Record extracts:

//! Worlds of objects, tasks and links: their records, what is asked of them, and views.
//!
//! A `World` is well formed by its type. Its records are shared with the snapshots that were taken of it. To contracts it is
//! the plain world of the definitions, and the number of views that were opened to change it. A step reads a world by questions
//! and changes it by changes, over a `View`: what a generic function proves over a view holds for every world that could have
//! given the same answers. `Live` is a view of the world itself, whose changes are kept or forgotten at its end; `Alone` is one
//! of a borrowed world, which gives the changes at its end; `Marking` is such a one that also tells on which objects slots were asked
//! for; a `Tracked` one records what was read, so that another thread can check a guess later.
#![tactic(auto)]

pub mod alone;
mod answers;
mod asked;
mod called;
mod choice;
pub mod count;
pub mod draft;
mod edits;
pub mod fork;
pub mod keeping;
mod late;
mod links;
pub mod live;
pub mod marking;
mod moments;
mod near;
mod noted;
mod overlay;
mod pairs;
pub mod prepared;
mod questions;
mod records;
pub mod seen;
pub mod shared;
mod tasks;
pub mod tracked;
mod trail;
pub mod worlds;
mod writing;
==
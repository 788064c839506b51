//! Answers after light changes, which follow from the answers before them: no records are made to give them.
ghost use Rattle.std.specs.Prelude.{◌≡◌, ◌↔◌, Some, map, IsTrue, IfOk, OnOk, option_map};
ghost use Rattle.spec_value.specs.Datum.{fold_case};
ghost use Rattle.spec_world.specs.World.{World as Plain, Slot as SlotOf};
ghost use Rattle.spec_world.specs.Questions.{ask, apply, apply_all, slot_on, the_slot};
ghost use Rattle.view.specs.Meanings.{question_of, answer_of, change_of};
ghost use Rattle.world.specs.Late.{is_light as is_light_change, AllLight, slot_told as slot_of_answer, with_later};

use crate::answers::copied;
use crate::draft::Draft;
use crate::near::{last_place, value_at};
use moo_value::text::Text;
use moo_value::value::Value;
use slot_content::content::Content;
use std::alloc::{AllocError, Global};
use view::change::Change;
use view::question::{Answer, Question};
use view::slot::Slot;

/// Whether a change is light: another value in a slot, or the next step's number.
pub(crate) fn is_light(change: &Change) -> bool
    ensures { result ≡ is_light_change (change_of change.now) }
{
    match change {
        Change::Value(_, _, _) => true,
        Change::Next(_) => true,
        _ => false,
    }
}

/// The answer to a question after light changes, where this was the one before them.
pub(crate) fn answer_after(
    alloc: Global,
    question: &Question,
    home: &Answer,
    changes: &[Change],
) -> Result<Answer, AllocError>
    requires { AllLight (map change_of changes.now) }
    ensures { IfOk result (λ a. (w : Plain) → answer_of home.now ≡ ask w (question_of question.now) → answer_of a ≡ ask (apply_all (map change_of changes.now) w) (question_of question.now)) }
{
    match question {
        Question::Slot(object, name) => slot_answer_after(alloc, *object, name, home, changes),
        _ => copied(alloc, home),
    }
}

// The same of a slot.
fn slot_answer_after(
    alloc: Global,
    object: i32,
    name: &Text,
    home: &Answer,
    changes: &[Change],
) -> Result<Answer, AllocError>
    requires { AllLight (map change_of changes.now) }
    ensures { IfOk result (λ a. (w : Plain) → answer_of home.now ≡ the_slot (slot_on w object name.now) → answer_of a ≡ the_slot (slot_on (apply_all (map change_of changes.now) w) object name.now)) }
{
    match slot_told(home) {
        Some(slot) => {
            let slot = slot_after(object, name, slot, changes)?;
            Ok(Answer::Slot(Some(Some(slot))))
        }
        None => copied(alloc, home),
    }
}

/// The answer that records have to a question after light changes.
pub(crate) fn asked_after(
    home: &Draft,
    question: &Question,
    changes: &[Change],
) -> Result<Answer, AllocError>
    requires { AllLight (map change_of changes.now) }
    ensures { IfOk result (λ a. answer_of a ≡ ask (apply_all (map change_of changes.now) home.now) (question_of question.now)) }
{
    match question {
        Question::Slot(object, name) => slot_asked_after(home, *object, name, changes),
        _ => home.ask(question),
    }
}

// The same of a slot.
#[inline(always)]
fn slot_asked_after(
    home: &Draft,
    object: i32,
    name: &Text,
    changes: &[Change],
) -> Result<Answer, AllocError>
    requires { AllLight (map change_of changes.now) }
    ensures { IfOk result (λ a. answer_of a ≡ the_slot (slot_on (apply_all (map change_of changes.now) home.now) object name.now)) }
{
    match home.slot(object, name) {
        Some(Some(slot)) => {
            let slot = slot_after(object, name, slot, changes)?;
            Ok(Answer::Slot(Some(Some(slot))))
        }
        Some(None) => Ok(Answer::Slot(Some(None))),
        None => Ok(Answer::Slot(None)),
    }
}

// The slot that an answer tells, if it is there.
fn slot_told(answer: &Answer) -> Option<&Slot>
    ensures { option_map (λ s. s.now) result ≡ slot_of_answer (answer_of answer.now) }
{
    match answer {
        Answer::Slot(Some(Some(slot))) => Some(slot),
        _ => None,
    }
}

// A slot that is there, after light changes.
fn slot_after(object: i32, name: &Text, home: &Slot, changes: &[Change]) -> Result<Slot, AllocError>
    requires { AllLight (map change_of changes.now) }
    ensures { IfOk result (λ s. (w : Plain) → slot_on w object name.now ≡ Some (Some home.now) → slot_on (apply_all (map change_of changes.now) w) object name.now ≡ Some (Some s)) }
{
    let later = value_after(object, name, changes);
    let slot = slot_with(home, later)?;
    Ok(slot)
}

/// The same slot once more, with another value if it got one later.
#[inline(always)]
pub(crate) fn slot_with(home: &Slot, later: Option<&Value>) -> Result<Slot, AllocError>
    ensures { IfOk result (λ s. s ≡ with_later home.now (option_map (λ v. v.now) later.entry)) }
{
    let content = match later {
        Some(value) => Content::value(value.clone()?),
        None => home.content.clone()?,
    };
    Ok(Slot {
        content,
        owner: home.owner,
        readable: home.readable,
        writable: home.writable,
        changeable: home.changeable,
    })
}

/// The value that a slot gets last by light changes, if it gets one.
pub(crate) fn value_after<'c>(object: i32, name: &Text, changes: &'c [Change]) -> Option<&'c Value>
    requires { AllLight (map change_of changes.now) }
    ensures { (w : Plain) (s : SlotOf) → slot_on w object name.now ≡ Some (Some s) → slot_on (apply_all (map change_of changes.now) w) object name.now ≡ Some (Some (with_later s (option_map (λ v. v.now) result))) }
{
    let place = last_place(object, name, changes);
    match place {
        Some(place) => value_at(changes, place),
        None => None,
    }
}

Exercise instructions: Find the string "there" in the entries above. Copy each line where it occurs.

Solution:
// The slot that an answer tells, if it is there.
// A slot that is there, after light changes.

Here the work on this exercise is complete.